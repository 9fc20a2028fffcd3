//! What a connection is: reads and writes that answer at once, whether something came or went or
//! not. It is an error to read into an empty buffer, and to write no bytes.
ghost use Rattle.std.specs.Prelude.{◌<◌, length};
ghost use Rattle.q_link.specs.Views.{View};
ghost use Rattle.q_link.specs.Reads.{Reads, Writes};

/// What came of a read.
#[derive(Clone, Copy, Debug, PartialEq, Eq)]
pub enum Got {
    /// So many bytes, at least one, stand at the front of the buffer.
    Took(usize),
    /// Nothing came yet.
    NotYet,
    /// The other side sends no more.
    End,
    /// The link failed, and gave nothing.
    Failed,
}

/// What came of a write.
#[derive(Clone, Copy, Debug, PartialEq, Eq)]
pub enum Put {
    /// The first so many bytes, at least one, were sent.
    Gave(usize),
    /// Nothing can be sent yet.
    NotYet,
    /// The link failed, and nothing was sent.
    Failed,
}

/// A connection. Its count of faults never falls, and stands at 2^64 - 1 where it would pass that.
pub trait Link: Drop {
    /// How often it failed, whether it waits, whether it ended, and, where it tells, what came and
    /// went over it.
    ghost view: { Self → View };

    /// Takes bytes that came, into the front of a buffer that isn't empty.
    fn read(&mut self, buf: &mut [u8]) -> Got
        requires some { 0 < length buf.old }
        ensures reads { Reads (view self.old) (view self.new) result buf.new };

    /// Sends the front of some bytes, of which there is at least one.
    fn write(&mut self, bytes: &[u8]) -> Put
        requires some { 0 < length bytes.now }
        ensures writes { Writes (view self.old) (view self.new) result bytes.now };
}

___

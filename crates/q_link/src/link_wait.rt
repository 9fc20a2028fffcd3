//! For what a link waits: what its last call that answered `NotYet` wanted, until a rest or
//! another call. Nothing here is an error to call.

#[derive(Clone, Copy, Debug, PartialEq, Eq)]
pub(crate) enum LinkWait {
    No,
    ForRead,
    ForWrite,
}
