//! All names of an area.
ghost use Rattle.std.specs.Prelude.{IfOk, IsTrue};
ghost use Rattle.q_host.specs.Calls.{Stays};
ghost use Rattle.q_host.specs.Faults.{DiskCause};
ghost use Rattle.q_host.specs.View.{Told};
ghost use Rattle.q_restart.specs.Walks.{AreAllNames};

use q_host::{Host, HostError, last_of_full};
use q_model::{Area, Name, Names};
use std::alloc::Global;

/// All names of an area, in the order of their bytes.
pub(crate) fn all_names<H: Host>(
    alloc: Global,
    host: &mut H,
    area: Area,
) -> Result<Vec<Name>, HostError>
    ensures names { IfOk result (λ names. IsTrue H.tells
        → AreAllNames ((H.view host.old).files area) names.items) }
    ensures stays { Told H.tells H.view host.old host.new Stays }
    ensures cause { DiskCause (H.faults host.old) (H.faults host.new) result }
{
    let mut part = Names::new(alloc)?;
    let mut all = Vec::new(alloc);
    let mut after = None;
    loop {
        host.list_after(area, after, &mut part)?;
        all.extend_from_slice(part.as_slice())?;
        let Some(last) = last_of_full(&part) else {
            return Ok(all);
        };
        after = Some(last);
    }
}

___

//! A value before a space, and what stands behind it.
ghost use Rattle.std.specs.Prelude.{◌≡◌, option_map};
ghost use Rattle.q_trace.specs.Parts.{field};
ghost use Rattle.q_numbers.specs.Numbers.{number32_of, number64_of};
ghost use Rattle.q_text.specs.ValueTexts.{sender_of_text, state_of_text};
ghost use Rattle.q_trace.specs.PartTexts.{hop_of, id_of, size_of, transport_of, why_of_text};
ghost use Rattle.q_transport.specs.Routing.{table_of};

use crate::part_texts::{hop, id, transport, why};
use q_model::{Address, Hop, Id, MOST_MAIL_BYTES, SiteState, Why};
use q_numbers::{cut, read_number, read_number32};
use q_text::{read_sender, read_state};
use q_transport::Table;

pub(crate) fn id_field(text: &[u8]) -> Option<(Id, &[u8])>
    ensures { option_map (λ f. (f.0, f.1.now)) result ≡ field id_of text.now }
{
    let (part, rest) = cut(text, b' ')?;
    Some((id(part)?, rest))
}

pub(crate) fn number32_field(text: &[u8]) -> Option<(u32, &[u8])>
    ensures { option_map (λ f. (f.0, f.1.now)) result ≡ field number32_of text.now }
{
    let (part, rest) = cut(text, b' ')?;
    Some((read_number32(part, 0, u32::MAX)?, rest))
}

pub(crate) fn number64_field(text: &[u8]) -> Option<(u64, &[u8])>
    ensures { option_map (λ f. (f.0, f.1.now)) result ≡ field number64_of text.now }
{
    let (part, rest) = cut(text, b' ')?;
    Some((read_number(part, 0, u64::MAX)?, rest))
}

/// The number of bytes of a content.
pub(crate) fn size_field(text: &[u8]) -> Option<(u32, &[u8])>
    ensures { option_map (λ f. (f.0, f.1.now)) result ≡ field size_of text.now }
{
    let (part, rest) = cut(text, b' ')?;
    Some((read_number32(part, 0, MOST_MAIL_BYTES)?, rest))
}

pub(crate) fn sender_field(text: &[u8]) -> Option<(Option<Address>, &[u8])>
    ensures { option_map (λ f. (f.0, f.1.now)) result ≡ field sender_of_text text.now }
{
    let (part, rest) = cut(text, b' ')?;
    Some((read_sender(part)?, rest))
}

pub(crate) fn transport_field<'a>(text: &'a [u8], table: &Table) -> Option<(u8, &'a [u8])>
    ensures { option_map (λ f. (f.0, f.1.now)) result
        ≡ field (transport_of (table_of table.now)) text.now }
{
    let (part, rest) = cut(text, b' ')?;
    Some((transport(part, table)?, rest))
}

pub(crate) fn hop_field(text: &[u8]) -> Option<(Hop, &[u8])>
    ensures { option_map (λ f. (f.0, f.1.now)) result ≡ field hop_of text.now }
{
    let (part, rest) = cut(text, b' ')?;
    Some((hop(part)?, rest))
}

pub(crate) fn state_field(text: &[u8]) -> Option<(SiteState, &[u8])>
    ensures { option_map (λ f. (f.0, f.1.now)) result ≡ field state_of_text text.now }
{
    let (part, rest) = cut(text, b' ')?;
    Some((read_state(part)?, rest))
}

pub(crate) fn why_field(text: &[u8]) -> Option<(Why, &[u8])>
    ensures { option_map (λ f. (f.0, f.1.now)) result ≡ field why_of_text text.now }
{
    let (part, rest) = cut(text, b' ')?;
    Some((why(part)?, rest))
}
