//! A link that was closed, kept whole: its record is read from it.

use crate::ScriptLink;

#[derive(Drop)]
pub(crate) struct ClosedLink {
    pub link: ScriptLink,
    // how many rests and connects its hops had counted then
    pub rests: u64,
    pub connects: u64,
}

___

The answer consists of the lines above that include the word "waits", each copied exactly.

    /// How often it failed, whether it waits, whether it ended, and, where it tells, what came and
//! For what a link waits: what its last call that answered `NotYet` wanted, until a rest or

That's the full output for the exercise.